A whorl of unanswerable questions have been encircling the hardbody of New York Times restaurant critic Frank Bruni. Keith McNally accused him of lady-hating. Phallic restaurateur Jeffrey Chodorow accused him of pettiness. Now The Observer's Chris Shott accuses him of influence. Shott claims restaurants live or die by the Bruni review, a charge which Bruni accurately denies.
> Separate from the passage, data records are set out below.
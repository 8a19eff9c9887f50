//! `diff`: what is otherwise in the roster of a folder than in another one.
ghost use Rattle.std.specs.Prelude.{◌≡◌};
ghost use Rattle.roster_text.specs.RosterText.{IsRoster};

use crate::award::{Award, tell_award, tell_roster_in};
use crate::runner::say;
use crate::status::DeskStatus;
use duty_calendar::Memory;
use file_places::Prose;
use roster_diff::{Difference, differences};
use roster_model::{Problem, Roster};
use shelf::{Shelf, Sink};
use std::alloc::Global;

/// Appends a line for each difference, and says whether there is one.
fn put_differences(
    alloc: Global,
    prose: &mut Prose,
    list: &[Difference],
) -> Result<DeskStatus, Memory> {
    for difference in list {
        let line = format!(in alloc; "{difference}")?;
        prose.text(line.as_bytes())?;
        prose.say(b"\n")?;
    }
    if list.is_empty() {
        return Ok(DeskStatus::Done);
    }
    Ok(DeskStatus::Warned)
}

/// Whether two months are the same one.
fn are_one_month(one: &Problem, other: &Problem) -> bool {
    let here = &one.base.rules.horizon;
    let there = &other.base.rules.horizon;
    here.year() == there.year() && here.month() == there.month()
}

/// The differences from one roster to another.
fn between(
    alloc: Global,
    before: &Problem,
    before_roster: &Roster,
    now: &Award,
) -> Result<Option<Vec<Difference>>, Memory>
    requires before { IsRoster before.now before_roster.now }
    requires now { IsRoster now.now.problem now.now.roster }
{
    let list = differences(alloc, before, before_roster, &now.problem, &now.roster)?;
    Ok(Some(list))
}

/// The differences from the award in a folder; where there are none to be told, why is appended.
fn from_folder<S: Shelf>(
    alloc: Global,
    other: &mut S,
    prose: &mut Prose,
    now: &Award,
) -> Result<Option<Vec<Difference>>, Memory>
    requires now { IsRoster now.now.problem now.now.roster }
    ensures kept { S.holds other.new ≡ S.holds other.old }
{
    let Some(before) = tell_award(alloc, other, prose)? else {
        prose.say(b"(this is said of the folder behind diff)\n")?;
        return Ok(None);
    };
    if !are_one_month(&before.problem, &now.problem) {
        prose.say(b"the folders are of two months\n")?;
        return Ok(None);
    }
    between(alloc, &before.problem, &before.roster, now)
}

/// The differences from another roster of the month; where there are none to be told, why is appended.
fn from_file<S: Shelf>(
    alloc: Global,
    other: &mut S,
    prose: &mut Prose,
    file: &str,
    now: &Award,
) -> Result<Option<Vec<Difference>>, Memory>
    requires now { IsRoster now.now.problem now.now.roster }
    ensures kept { S.holds other.new ≡ S.holds other.old }
{
    if file.is_empty() || file.len() > 32 {
        prose.say(b"the name of the file behind diff must have 1 to 32 bytes\n")?;
        return Ok(None);
    }
    let Some(before) = tell_roster_in(alloc, other, prose, file, &now.problem)? else {
        prose.say(b"(this is said of the file behind diff)\n")?;
        return Ok(None);
    };
    between(alloc, &now.problem, &before, now)
}

/// The differences of an award from that in another folder, or from a roster in a file there where one is named; where there
/// are none to be told, why is appended. No file is written.
pub fn differences_from<S: Shelf>(
    alloc: Global,
    other: &mut S,
    prose: &mut Prose,
    file: Option<&str>,
    now: &Award,
) -> Result<Option<Vec<Difference>>, Memory>
    requires now { IsRoster now.now.problem now.now.roster }
    ensures kept { S.holds other.new ≡ S.holds other.old }
{
    match file {
        Some(file) => from_file(alloc, other, prose, file, now),
        None => from_folder(alloc, other, prose, now),
    }
}

/// Appends what is otherwise in the award of a folder than in another folder, or in a file there where one is named.
fn say_diff<S: Shelf, T: Shelf>(
    alloc: Global,
    shelf: &mut S,
    other: &mut T,
    prose: &mut Prose,
    file: Option<&str>,
) -> Result<DeskStatus, Memory>
    ensures kept { S.holds shelf.new ≡ S.holds shelf.old }
    ensures other_kept { T.holds other.new ≡ T.holds other.old }
{
    let Some(now) = tell_award(alloc, shelf, prose)? else {
        return Ok(DeskStatus::Faulty);
    };
    match differences_from(alloc, other, prose, file, &now)? {
        Some(list) => put_differences(alloc, prose, list.as_slice()),
        None => Ok(DeskStatus::Faulty),
    }
}

/// Says what is otherwise in the award of a folder than in another folder, or in a file there where one is named. No file is
/// written.
pub fn run_diff<S: Shelf, T: Shelf, O: Sink>(
    alloc: Global,
    shelf: &mut S,
    other: &mut T,
    out: &mut O,
    file: Option<&str>,
) -> DeskStatus
    ensures kept { S.holds shelf.new ≡ S.holds shelf.old }
    ensures other_kept { T.holds other.new ≡ T.holds other.old }
{
    let mut prose = Prose::new(alloc);
    match say_diff(alloc, shelf, other, &mut prose, file) {
        Ok(status) => say(out, &prose, status),
        Err(Memory::NoMemory) => DeskStatus::NoMemory,
    }
}
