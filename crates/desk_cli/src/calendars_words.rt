//! The words of `calendars`.

use crate::words::DeskCommand;
use clap::{Arg, ArgMatches, Command as Grammar};
use std::alloc::{AllocError, Global};

/// `calendars [--cancelled OLD]`.
pub fn calendars_grammar<'w>(alloc: Global) -> Result<Grammar<'w>, AllocError> {
    Grammar::new(alloc, "calendars").arg(Arg::new(alloc, "cancelled").long("cancelled"))
}

/// The command with what was read: the folder of before, where one is named.
pub fn calendars_words(alloc: Global, found: &ArgMatches<'_>) -> Result<DeskCommand, AllocError> {
    match found.get_str("cancelled") {
        Some(old) => {
            let old = String::from_str(alloc, old)?;
            Ok(DeskCommand::Calendars(Some(old)))
        }
        None => Ok(DeskCommand::Calendars(None)),
    }
}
I have no way of knowing whether a review I've written hastens the death of any restaurant," Mr. Bruni told The Observer, "but I can assure you it's not my goal in writing a negative review to put a restaurant out of business. I'm just writing what I honestly think about the restaurant, with my principal consideration being readers and consumers."It's a bit disingenuous for any critic to claim he has no way of knowing whether his reviews have helped or hindered the fortunes of NY restaurants. (Ask the theater critics the same question.) Surely as New York's critic of note, he must be aware that his negging on Varietal, Lonesome Dove, even Porchetta contributed to those restaurants' demise. On the other hand, whose fault is it really—the shittiness of the food or the shitty review? Because, seriously, Lonesome Dove was really shitty. It also doesn't help that former Times critic Mimi Sheraton pops up in the piece to contradict the thesis.
It's Brundle's job to catalog abominations as they emerge from the kitchen. Sure, that he does so with acerbic, populist cattiness is unusual—but essentially he is merely helping dying restaurants die and vital ones prosper. Think of him as a hospice-helper. The real Bruni Effect, perhaps, can be seen less in a city strewn with the carcasses of mediocre restaurants and more in the pages of The Observer, whose unmemorable restaurant critic pops up twice a month whether one likes it or not.